I don’t doubt what you stated in your last post and I’m not surprised by it. Likewise, it would be interesting to see your reaction if you visited my place of work, although I’ve had several audiophiles visit the various studios I’ve owned over the last 30 years, so I’d have a fair idea what to expect.


SquareOFortune said:


> Even though we may fundamentally disagree on the matter of modern transport technology quality and reliability…


It’s not that we disagree on that matter, more that we disagree on it’s relevance. Sure, there’s a lot of modern technology employed in the recording industry, even some cutting edge technology, such as machine learning for example but fundamentally it’s old technology and even more so as far as audio reproduction is concerned.

For example, standard uncompressed stereo 44/16 is just 1.4Mbps, that would barely even register on your modern 10Gbps networks. Just last week I was recording (a favour for a friend) a choir on location. I only had a small office as a control room, there were 3 desktop computers with screens, 2 laptops, 3 banks of mic pre-amps, various other audio equipment, external backup drives, power cables all over the place, extensions hanging off extensions, a total mess (but I had to work with what I was given). Snaking it’s way through this mess, a 4m crappy old USB 2 cable transferring from a 10 year old, relatively very cheap ADC in real time, 24 simultaneous channels of 24/96. 10 hours of recording time, not a single drop out, no detectable errors, distortion or noise on analysis, let alone audible distortion/noise. This was way more demanding and worse conditions than a consumer environment and USB2 is 22 year old consumer technology, hardly “modern transport technology”.

Again, audiophile marketing would like us to believe that digital audio is a new technology and they’re at the cutting edge of it, that’s just nonsense. Digital audio was first deployed in 1951 (by AT&T), 6 years BEFORE the first stereo vinyl was released to the public! In the late 1960’s the BBC was using digital audio to transfer audio from it’s main broadcasting center to it’s regional radio transmitters. By the time CD was released to the public in 1984, digital audio was already over 30 years old and some of the early CD players were already beyond audibly perfect.
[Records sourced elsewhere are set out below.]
//! Whether parts of rules are the same.

ghost use Rattle.std.specs.Prelude.{◌≡◌, true};

use pf_rules::{Addresses, FlagTest, Host, Interface, TcpFlags};

/// Whether the same of the first four flags are set.
fn same_first_flags(a: TcpFlags, b: TcpFlags) -> bool
    ensures fin { result ≡ true → a.fin ≡ b.fin }
    ensures syn { result ≡ true → a.syn ≡ b.syn }
    ensures rst { result ≡ true → a.rst ≡ b.rst }
    ensures psh { result ≡ true → a.psh ≡ b.psh }
    ensures back { a ≡ b → result ≡ true }
{
    a.fin == b.fin && a.syn == b.syn && a.rst == b.rst && a.psh == b.psh
}

/// Whether the same of the last four flags are set.
fn same_last_flags(a: TcpFlags, b: TcpFlags) -> bool
    ensures ack { result ≡ true → a.ack ≡ b.ack }
    ensures urg { result ≡ true → a.urg ≡ b.urg }
    ensures ece { result ≡ true → a.ece ≡ b.ece }
    ensures cwr { result ≡ true → a.cwr ≡ b.cwr }
    ensures back { a ≡ b → result ≡ true }
{
    a.ack == b.ack && a.urg == b.urg && a.ece == b.ece && a.cwr == b.cwr
}

/// Whether the same flags are set.
fn same_flags(a: TcpFlags, b: TcpFlags) -> bool
    ensures same { result ≡ true → a ≡ b }
    ensures back { a ≡ b → result ≡ true }
{
    same_first_flags(a, b) && same_last_flags(a, b)
}

/// Whether the same is asked of flags.
pub(crate) fn same_flag_test(a: FlagTest, b: FlagTest) -> bool
    ensures same { result ≡ true → a ≡ b }
    ensures back { a ≡ b → result ≡ true }
{
    match (a, b) {
        (FlagTest::Any, FlagTest::Any) => true,
        (FlagTest::Just { set: a, of: c }, FlagTest::Just { set: b, of: d }) => {
            same_flags(a, b) && same_flags(c, d)
        }
        _ => false,
    }
}

/// Whether two sets of addresses are written in the same way.
#[tactic(auto, using(pf_config::proofs::Treed::bytes_same))]
fn same_addresses(a: &Addresses, b: &Addresses) -> bool
    ensures same { result ≡ true → a.now ≡ b.now }
    ensures back { a.now ≡ b.now → result ≡ true }
{
    match (a, b) {
        (Addresses::Prefix(a), Addresses::Prefix(b)) => *a == *b,
        (Addresses::Range(a), Addresses::Range(b)) => *a == *b,
        (Addresses::Table(a), Addresses::Table(b)) => a.as_bytes() == b.as_bytes(),
        _ => false,
    }
}

/// The same of which addresses are meant.
pub(crate) fn same_host(a: &Host, b: &Host) -> bool
    ensures same { result ≡ true → a.now ≡ b.now }
    ensures back { a.now ≡ b.now → result ≡ true }
{
    match (a, b) {
        (Host::Any, Host::Any) => true,
        (Host::In(a), Host::In(b)) | (Host::NotIn(a), Host::NotIn(b)) => same_addresses(a, b),
        _ => false,
    }
}

/// The same where one may be asked for.
pub(crate) fn same_interface(a: &Option<Interface>, b: &Option<Interface>) -> bool
    ensures same { result ≡ true → a.now ≡ b.now }
    ensures back { a.now ≡ b.now → result ≡ true }
{
    match (a, b) {
        (None, None) => true,
        (Some(a), Some(b)) => a.negated == b.negated && a.name == b.name,
        _ => false,
    }
}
By the end of the 1990’s, audibly perfect ADCs and DACs could be made for peanuts. In the recording industry we had to start doing 8 or 10 times “loop backs” in order to reliably hear the artefacts.

More than 20 years later and of course the audiophile industry has to keep discovering (or making up) supposed problems, that their latest equipment fixes, to get you closer to audio perfection …. that was actually already achieved with high quality reproduction equipment 40 years ago!

G


----------



## F208Frank

Audioquest carbon seems to be a pretty affordable USB cable running about $220 or so for .75M.


----------



## manueljenkin (Mar 26, 2022)

SquareOFortune said:


> This thread was a fun read!
> 
> I do wish more of our community was able to reach the difficult state of being neither credulous nor hubristic; there are endless snake-oil salesmen and charlatans selling confirmation bias, sunk-cost fallacies, and emotional investment, but there are also areas of study that aren't yet perfectly quantified with the scientific data and measurement tools we've devised thus far.
> 
> ...


Just a quick note: optical signals are far less deterministic than electrical signals (of course they are both electromagnetic in foundation but optical signals have extremely probabilistic nature in their generation etc) and needs substantial digital backend to function properly. This whole back end can get noisy (both switching noise + ground plane noise due to digital logics and also phase noise just because the data is kinda running more probabilistic. There’s a lot of math involved). I don’t quite believe optical to be a real fix to this problem.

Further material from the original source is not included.